(Saved data entries)
// From a sheet to what rows and walk read: its times and a list of sums. No other crate makes
// them of a sheet's numbers.
#![tactic(auto)]

mod fields;
mod sums;
mod times;

ghost use Rattle.std.specs.Prelude.{◌≡◌, length};
ghost use Rattle.terms.specs.Verdict.{◌and_then◌};
ghost use Rattle.sheet.specs.Checks.{sheet_verdict};
ghost use Rattle.prepare.specs.Prepared.{Prepared};

use crate::fields::Fields;
use crate::sums::sum_columns;
use crate::times::fill_timing;
use cells::sources::Sources;
use reader::Reading;
use reader::decoding::decode;
use sheet::numbers::Arrays;
use terms::Verdict;

// Takes the sheet apart and, if it is accepted, fills times and sums.
fn prepare_sheet(sheet: &[u8], sources: &mut Sources) -> Reading
    ensures { Prepared (sheet_verdict sheet.now) sheet.now
        sources.new.timing sources.new.sums result }
{
    let mut columns = Arrays::zeros();
    let head = decode(sheet, &mut columns)?;
    fill_timing(&mut sources.timing, head, columns.lists());
    sum_columns(
        &mut sources.sums,
        &Fields::new(head.trains, &columns.passengers),
    );
    Ok(head)
}

// The same, unless an earlier check refused.
pub fn prepare(earlier: Verdict, sheet: &[u8], sources: &mut Sources) -> Reading
    ensures { Prepared (earlier and_then sheet_verdict sheet.now)
        sheet.now sources.new.timing sources.new.sums result }
{
    earlier?;
    prepare_sheet(sheet, sources)
}
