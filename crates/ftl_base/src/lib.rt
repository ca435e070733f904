//! Values as machine words: a number or Overflow, the operators on them in two widths, and the word
//! that a cell holds. What they mean stands in `ftl_model::layout`, in `Values`, as exact
//! arithmetic on whole numbers, and what comparisons give in `specs/Truths`. The stack of values
//! and truths that code runs on is here too.
#![tactic(auto)]

mod arithmetic;
mod comparison;
mod engine;
mod stack;
mod truth;
mod val;
mod width;
mod word;

pub use arithmetic::{add, div_floor, greatest, least, mul, neg, sub};
pub use comparison::{Cmp, compare};
pub use engine::Engine;
pub use stack::{CodeStack, Entry};
pub use truth::{Truth, both, choose, either, not};
pub use val::Val;
pub use width::Width;
pub use word::{val_of, word_of};
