ghost use Rattle.std.specs.Prelude.{◌≡◌, ℕ, ◌<◌, ◌≤◌, ◌⊎◌, MatchOption, None, Some};
ghost use Rattle.ftl_model.specs.layout.Values.{Value, IsValue, overflow_word, word_of_value};

use crate::val::Val;

/// The word of the number 0. The words of the other numbers stand below and above it.
const ZERO: i64 = 140737488355329;

/// The word of Overflow, and the greatest word of a value.
const OVERFLOW: u64 = 281474976710657;

/// The word that stands for a value in a cell. It is never 0, which says that a cell is empty.
pub fn word_of(v: Val) -> u64
    ensures word { result ≡ word_of_value v }
    ensures not_empty { 0 < result }
    ensures bound { result ≤ overflow_word }
{
    (v.number + ZERO) as u64
}

/// The value that a word stands for. 0 and words above that of Overflow stand for none.
pub fn val_of(word: u64) -> Option<Val>
    ensures value { MatchOption result ((word ≡ 0) ⊎ (overflow_word < word))
        (λ v. word ≡ word_of_value v) }
    ensures only { (v : Value) → IsValue v → word ≡ word_of_value v → result ≡ Some v }
{
    match word {
        1..=OVERFLOW => Some(Val {
            number: word as i64 - ZERO,
        }),
        _ => None,
    }
}
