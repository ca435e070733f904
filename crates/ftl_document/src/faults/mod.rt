//! The first fault of a document, and the tree that it means. Goes in: a lawful grammar as it is
//! written, of `ftl_grammar::syntax`, and a document as it is written, of `syntax`. Comes out:
//! `specs/faults/FirstFault.antt`, the first fault of its nodes; `specs/faults/DocumentTree.antt`,
//! the tree with the names gone. There is no code here but the type of faults, and laws.

mod fault;
mod laws;
mod worked;

pub use fault::DocFault;
pub use laws::{faultless_documents_are_trees, faults_are_of_nodes, trees_are_written};
pub use worked::{
    canonical_documents, documents_without_a_fault, faults_before_others, faults_of_fields,
    faults_of_nodes, faults_of_order, missing_fields, trees_of_documents,
};
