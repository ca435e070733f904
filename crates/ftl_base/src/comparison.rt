ghost use Rattle.std.specs.Prelude.{◌≡◌};
ghost use Rattle.ftl_base.specs.Truths.{comparison_of, holds, truth_of};

use crate::truth::Truth;
use crate::val::Val;

/// How two values are compared.
#[derive(Clone, Copy, Debug, PartialEq, Eq)]
pub enum Cmp {
    Less,
    LessEq,
    More,
    MoreEq,
    Equal,
    Unequal,
}

impl Cmp {
    fn holds(self, m: i64, n: i64) -> bool
        ensures holds { result ≡ holds self m n }
    {
        match self {
            Cmp::Less => m < n,
            Cmp::LessEq => m <= n,
            Cmp::More => m > n,
            Cmp::MoreEq => m >= n,
            Cmp::Equal => m == n,
            Cmp::Unequal => m != n,
        }
    }
}

/// Whether two values compare so. Overflow where one of them is.
pub fn compare(op: Cmp, a: Val, b: Val) -> Truth
    ensures comparison { result ≡ comparison_of op a b }
{
    match (a.get(), b.get()) {
        (Some(m), Some(n)) => {
            if op.holds(m, n) {
                Truth::Yes
            } else {
                Truth::No
            }
        }
        _ => Truth::Overflow,
    }
}
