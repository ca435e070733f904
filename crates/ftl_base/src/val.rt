ghost use Rattle.std.specs.Prelude.{◌≡◌, MatchOption};
ghost use Rattle.ftl_model.specs.layout.Values.{value_of, wide, IsValue, number, overflow};
ghost use Rattle.ftl_base.specs.Widths.{greatest_of_width};

use crate::width::Width;
use std::marker::Model;

/// The greatest number of both widths.
const GREATEST: i64 = 140737488355327;

/// A value of an attribute: a whole number from -140737488355328 to 140737488355327, or Overflow.
/// It is held as one machine number, Overflow as the one after the greatest.
#[derive(Clone, Copy, Debug, PartialEq, Eq)]
pub struct Val {
    pub(crate) number: i64,
}

impl Model for Val {
    ghost use Rattle.std.specs.Prelude.{◌≡◌};
    ghost use Rattle.ftl_model.specs.layout.Values;
    ghost use Rattle.ftl_base.specs.Held.{IsHeld, holder_of};
    ghost use Rattle.std.proofs.Common.{arith};
    ghost use Rattle.std.proofs.lemmas.Int.{ints};

    ghost Value = { Values.Value };

    ghost view = { λ v. Values.value_of Values.wide v.number };

    ghost invariant = { λ v. IsHeld v.number };

    ghost inverse = { λ v. record { number = holder_of v } };

    ghost inverse_ok = { λ v h. Prim.grind (arith, ints) };
}

impl Val {
    /// The value of a number: itself in the wide range, and Overflow out of it.
    pub fn num(n: i64) -> Val
        ensures value { result ≡ value_of wide n }
    {
        Width::Wide.value(n)
    }

    pub fn overflow() -> Val
        ensures value { result ≡ overflow }
    {
        Val {
            number: GREATEST + 1,
        }
    }

    /// The number, unless the value is Overflow.
    pub fn get(self) -> Option<i64>
        ensures number { MatchOption result (self ≡ overflow) (λ n. self ≡ number n) }
        ensures in_range { IsValue self }
    {
        if self.number <= GREATEST {
            Some(self.number)
        } else {
            None
        }
    }
}

impl Width {
    /// The value of an exact result: itself in the range of the width, and Overflow out of it.
    pub(crate) fn value(self, n: i64) -> Val
        ensures value { result ≡ value_of (greatest_of_width self) n }
    {
        let greatest = self.greatest_number() as i64;
        if -greatest - 1 <= n && n <= greatest {
            Val { number: n }
        } else {
            Val::overflow()
        }
    }
}
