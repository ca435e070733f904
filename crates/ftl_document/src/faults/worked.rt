//! Laws that hold faults and trees of documents against documents that were typed out by hand.

ghost use Rattle.std.specs.Prelude.{◌≡◌, [], ◌∷◌, pos, negsuc, Some, None, codes};
ghost use Rattle.ftl_model.specs.layout.Tree.{none, tree};
ghost use Rattle.ftl_document.specs.syntax.Written.{no_fields, no_nodes, node_and, node_field};
ghost use Rattle.ftl_document.specs.syntax.Written.{number_field};
ghost use Rattle.ftl_meaning.specs.faults.FirstFault as grammars;
ghost use Rattle.ftl_meaning.specs.faults.Worked as written;
ghost use Rattle.ftl_document.specs.faults.DocumentTree.{tree_of};
ghost use Rattle.ftl_document.specs.faults.FirstFault.{first_fault, instance_count_of};
ghost use Rattle.ftl_document.specs.faults.FirstFault.{too_many_instances};
ghost use Rattle.ftl_document.specs.faults.Worked as worked;
ghost use Rattle.ftl_document.specs.faults.WrittenOf.{written_of};
ghost use Rattle.ftl_document.specs.declared.faults.fault.DocFault.TheVariants as fault;

/// A law: documents without a fault. Children stand between inputs, and inputs in any order.
pub fn documents_without_a_fault()
    ensures two_words { first_fault written.stack worked.two_words ≡ None }
    ensures lawful { grammars.first_fault worked.screens ≡ None }
    ensures in_order { first_fault worked.screens worked.plain_screen ≡ None }
    ensures mixed { first_fault worked.screens worked.mixed_screen ≡ None }
    ensures instances { instance_count_of written.stack worked.two_words ≡ 17 }
    ensures more_instances { instance_count_of worked.screens worked.mixed_screen ≡ 12 }
    ensures most_instances { too_many_instances 33554432 ≡ None }
    ensures too_many { too_many_instances 33554433 ≡ Some (fault.TooManyInstances 33554433) }
{}

/// A law: the trees of documents. A tree has its inputs in the order of their declaration.
pub fn trees_of_documents()
    ensures two_words { tree_of written.stack worked.two_words ≡ tree 0 0 [] (tree 1 0 [] (tree 2 0
        (pos 20 ∷ pos 10 ∷ []) none (tree 2 0 (pos 30 ∷ pos 15 ∷ []) none none)) none) none }
    ensures in_order { tree_of worked.screens worked.plain_screen ≡ tree 0 0
        (pos 1 ∷ pos 2 ∷ pos 3 ∷ []) (tree 1 0 (pos 4 ∷ negsuc 4 ∷ []) none (tree 1 2
        (pos 6 ∷ pos 7 ∷ []) none none)) none }
    ensures mixed { tree_of worked.screens worked.mixed_screen ≡ tree 0 0
        (pos 1 ∷ pos 2 ∷ pos 3 ∷ []) (tree 1 0 (pos 4 ∷ pos 5 ∷ []) none (tree 1 1
        (pos 6 ∷ pos 7 ∷ []) none (tree 1 1 (pos 8 ∷ pos 9 ∷ []) none (tree 1 2
        (pos 10 ∷ pos 11 ∷ []) none none)))) none }
{}

/// A law: documents in the canonical order, of the trees of others.
pub fn canonical_documents()
    ensures two_words { written_of written.stack (tree_of written.stack worked.two_words)
        ≡ worked.two_words }
    ensures no_kids { written_of worked.screens (tree_of worked.screens worked.plain_screen)
        ≡ worked.plain_screen }
    ensures mixed { written_of worked.screens (tree_of worked.screens worked.mixed_screen)
        ≡ worked.screen (worked.screen_inputs (worked.dot_in (codes "head") 4 5 (worked.kids_in
        (worked.dot_and 6 7 (worked.dot_and 8 9 no_nodes)) (worked.dot_in (codes "foot") 10 11
        no_fields)))) }
{}

/// A law: faults of a node's class and interface.
pub fn faults_of_nodes()
    ensures unknown { first_fault written.stack (worked.sheet_of (codes "Row") no_fields)
        ≡ Some (fault.UnknownClass 1 (codes "Row")) }
    ensures wrong { first_fault written.stack (worked.sheet_of (codes "Sheet") no_fields)
        ≡ Some (fault.WrongInterface 1 0 1) }
    ensures unknown_root { first_fault written.stack (worked.document (codes "Row") no_fields)
        ≡ Some (fault.UnknownClass 0 (codes "Row")) }
    ensures wrong_root { first_fault written.stack (worked.document (codes "Word") no_fields)
        ≡ Some (fault.WrongInterface 0 2 0) }
    ensures in_preorder { first_fault written.stack (worked.column_and_row worked.words)
        ≡ Some (fault.UnknownClass 5 (codes "Row")) }
    ensures of_another_child { first_fault worked.screens (worked.screen
        (worked.screen_inputs (worked.dot_in (codes "head") 4 5 (worked.kids_in (worked.dot_and 6 7
        (node_and (codes "Screen") no_fields no_nodes)) (worked.dot_in (codes "foot") 8 9
        no_fields))))) ≡ Some (fault.WrongInterface 3 0 1) }
{}

/// A law: faults of a field. A number for a child, a node or a list for an input, a node for a list
/// child and a list for a single child have a wrong form.
pub fn faults_of_fields()
    ensures twice { first_fault written.stack (worked.sheet_of (codes "Word")
        (worked.number_in (codes "iw") 1 (worked.number_in (codes "iw") 2 no_fields)))
        ≡ Some (fault.FieldTwice 1 (codes "iw")) }
    ensures child_twice { first_fault written.stack (worked.document (codes "Sheet") (node_field
        (codes "body") (codes "Column") no_fields (node_field (codes "body") (codes "Column")
        no_fields no_fields))) ≡ Some (fault.FieldTwice 0 (codes "body")) }
    ensures unknown { first_fault written.stack (worked.sheet_of (codes "Word")
        (worked.number_in (codes "q") 1 no_fields)) ≡ Some (fault.UnknownField 1 (codes "q")) }
    ensures inherited { first_fault written.stack (worked.sheet_of (codes "Word")
        (worked.number_in (codes "x") 1 no_fields)) ≡ Some (fault.UnknownField 1 (codes "x")) }
    ensures local { first_fault worked.screens (worked.screen (worked.number_in (codes "l") 1
        no_fields)) ≡ Some (fault.UnknownField 0 (codes "l")) }
    ensures number_for_list { first_fault written.stack (worked.sheet_of (codes "Column")
        (worked.number_in (codes "kids") 1 no_fields)) ≡ Some (fault.FieldForm 1 (codes "kids")) }
    ensures number_for_single { first_fault written.stack (worked.document (codes "Sheet")
        (worked.number_in (codes "body") 1 no_fields)) ≡ Some (fault.FieldForm 0 (codes "body")) }
    ensures node_for_list { first_fault written.stack (worked.sheet_of (codes "Column") (node_field
        (codes "kids") (codes "Word") no_fields no_fields))
        ≡ Some (fault.FieldForm 1 (codes "kids")) }
    ensures list_for_single { first_fault worked.screens (worked.screen (worked.list_in
        (codes "head") no_nodes no_fields)) ≡ Some (fault.FieldForm 0 (codes "head")) }
    ensures node_for_input { first_fault worked.screens (worked.screen (worked.dot_in (codes "dpi")
        4 5 no_fields)) ≡ Some (fault.FieldForm 0 (codes "dpi")) }
    ensures list_for_input { first_fault worked.screens (worked.screen (worked.list_in (codes "vw")
        no_nodes no_fields)) ≡ Some (fault.FieldForm 0 (codes "vw")) }
{}

/// A law: the field of a child stands after that of one that is declared later.
pub fn faults_of_order()
    ensures list_first { first_fault worked.screens (worked.screen (worked.kids_in no_nodes
        (worked.dot_in (codes "head") 4 5 no_fields)))
        ≡ Some (fault.FieldOrder 0 (codes "head")) }
    ensures over_an_input { first_fault worked.screens (worked.screen (worked.dot_in (codes "head")
        4 5 (worked.dot_in (codes "foot") 6 7 (worked.number_in (codes "vw") 1 (worked.kids_in
        no_nodes no_fields))))) ≡ Some (fault.FieldOrder 0 (codes "kids")) }
    ensures first_of_two { first_fault worked.screens (worked.screen (worked.dot_in (codes "foot")
        4 5 (worked.dot_in (codes "head") 6 7 (worked.kids_in no_nodes no_fields))))
        ≡ Some (fault.FieldOrder 0 (codes "head")) }
{}

/// A law: the first input or child that has no field: the interface's inputs, then the class's,
/// then the children.
pub fn missing_fields()
    ensures input { first_fault written.stack (worked.sheet_of (codes "Word")
        (worked.number_in (codes "ih") 1 no_fields)) ≡ Some (fault.FieldMissing 1 (codes "iw")) }
    ensures child { first_fault written.stack (worked.document (codes "Sheet") no_fields)
        ≡ Some (fault.FieldMissing 0 (codes "body")) }
    ensures list { first_fault written.stack (worked.sheet_of (codes "Column") no_fields)
        ≡ Some (fault.FieldMissing 1 (codes "kids")) }
    ensures interface_first { first_fault worked.screens (worked.screen no_fields)
        ≡ Some (fault.FieldMissing 0 (codes "vw")) }
    ensures input_before_child { first_fault worked.screens (worked.screen
        (worked.number_in (codes "dpi") 2 (worked.number_in (codes "vw") 1 (worked.dot_in
        (codes "foot") 4 5 no_fields)))) ≡ Some (fault.FieldMissing 0 (codes "zoom")) }
    ensures second_child { first_fault worked.screens (worked.screen (worked.screen_inputs
        (worked.dot_in (codes "head") 4 5 no_fields)))
        ≡ Some (fault.FieldMissing 0 (codes "kids")) }
    ensures last_child { first_fault worked.screens (worked.screen (worked.screen_inputs
        (worked.dot_in (codes "head") 4 5 (worked.kids_in no_nodes no_fields))))
        ≡ Some (fault.FieldMissing 0 (codes "foot")) }
{}

/// A law: which of two faults is first. A node's own faults come before those of the nodes below
/// it, wherever they stand in the text.
pub fn faults_before_others()
    ensures missing_above { first_fault worked.screens (worked.screen (node_field (codes "head")
        (codes "Row") no_fields no_fields)) ≡ Some (fault.FieldMissing 0 (codes "vw")) }
    ensures field_above { first_fault written.stack (worked.document (codes "Sheet") (node_field
        (codes "body") (codes "Row") no_fields (worked.number_in (codes "q") 1 no_fields)))
        ≡ Some (fault.UnknownField 0 (codes "q")) }
    ensures class_first { first_fault written.stack (worked.sheet_of (codes "Row")
        (worked.number_in (codes "q") 1 no_fields)) ≡ Some (fault.UnknownClass 1 (codes "Row")) }
    ensures interface_first { first_fault written.stack (worked.sheet_of (codes "Sheet")
        (worked.number_in (codes "q") 1 no_fields)) ≡ Some (fault.WrongInterface 1 0 1) }
    ensures below_first { first_fault written.stack (worked.column_and_row (node_and (codes "Word")
        (worked.number_in (codes "iw") 1 no_fields) no_nodes))
        ≡ Some (fault.FieldMissing 3 (codes "ih")) }
    ensures field_before_missing { first_fault written.stack (worked.sheet_of (codes "Word")
        (worked.number_in (codes "ih") 1 (worked.number_in (codes "ih") 2 no_fields)))
        ≡ Some (fault.FieldTwice 1 (codes "ih")) }
    ensures twice_before_form { first_fault written.stack (worked.sheet_of (codes "Word")
        (worked.number_in (codes "iw") 1 (worked.list_in (codes "iw") no_nodes no_fields)))
        ≡ Some (fault.FieldTwice 1 (codes "iw")) }
    ensures twice_before_order { first_fault worked.screens (worked.screen (worked.dot_in
        (codes "head") 4 5 (worked.kids_in no_nodes (worked.dot_in (codes "head") 6 7 no_fields))))
        ≡ Some (fault.FieldTwice 0 (codes "head")) }
    ensures form_before_order { first_fault worked.screens (worked.screen (worked.kids_in no_nodes
        (worked.number_in (codes "head") 1 no_fields))) ≡ Some (fault.FieldForm 0 (codes "head")) }
    ensures in_text_order { first_fault worked.screens (worked.screen (worked.kids_in no_nodes
        (worked.dot_in (codes "head") 4 5 (worked.number_in (codes "q") 1 no_fields))))
        ≡ Some (fault.FieldOrder 0 (codes "head")) }
{}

▶ [Task instructions] From the records above, print only the lines between the one holding "(v : Value)" and the one holding "pub fn compare(op: Cmp, a: Val, b: Val)", inclusive, exactly as they stand.

▶ [Output for this task]
    ensures only { (v : Value) → IsValue v → word ≡ word_of_value v → result ≡ Some v }
{
    match word {
        1..=OVERFLOW => Some(Val {
            number: word as i64 - ZERO,
        }),
        _ => None,
    }
}
repository ca435e070733f904
filename crates/ftl_document/src/faults/mod.rt
//! The first fault of a document, and the tree that it means. Goes in: a lawful grammar as it is
//! written, of `ftl_grammar::syntax`, and a document as it is written, of `syntax`. Comes out:
//! `specs/faults/FirstFault.antt`, the first fault of its nodes; `specs/faults/DocumentTree.antt`,
//! the tree with the names gone. There is no code here but the type of faults, and laws.

mod fault;
mod laws;
mod worked;

pub use fault::DocFault;
pub use laws::{faultless_documents_are_trees, faults_are_of_nodes, trees_are_written};
pub use worked::{
    canonical_documents, documents_without_a_fault, faults_before_others, faults_of_fields,
    faults_of_nodes, faults_of_order, missing_fields, trees_of_documents,
};
repository ca435e070733f904
filename crates/ftl_base/src/comparison.rt
ghost use Rattle.std.specs.Prelude.{◌≡◌};
ghost use Rattle.ftl_base.specs.Truths.{comparison_of, holds, truth_of};

use crate::truth::Truth;
use crate::val::Val;

/// How two values are compared.
#[derive(Clone, Copy, Debug, PartialEq, Eq)]
pub enum Cmp {
    Less,
    LessEq,
    More,
    MoreEq,
    Equal,
    Unequal,
}

impl Cmp {
    fn holds(self, m: i64, n: i64) -> bool
        ensures holds { result ≡ holds self m n }
    {
        match self {
            Cmp::Less => m < n,
            Cmp::LessEq => m <= n,
            Cmp::More => m > n,
            Cmp::MoreEq => m >= n,
            Cmp::Equal => m == n,
            Cmp::Unequal => m != n,
        }
    }
}

/// Whether two values compare so. Overflow where one of them is.
pub fn compare(op: Cmp, a: Val, b: Val) -> Truth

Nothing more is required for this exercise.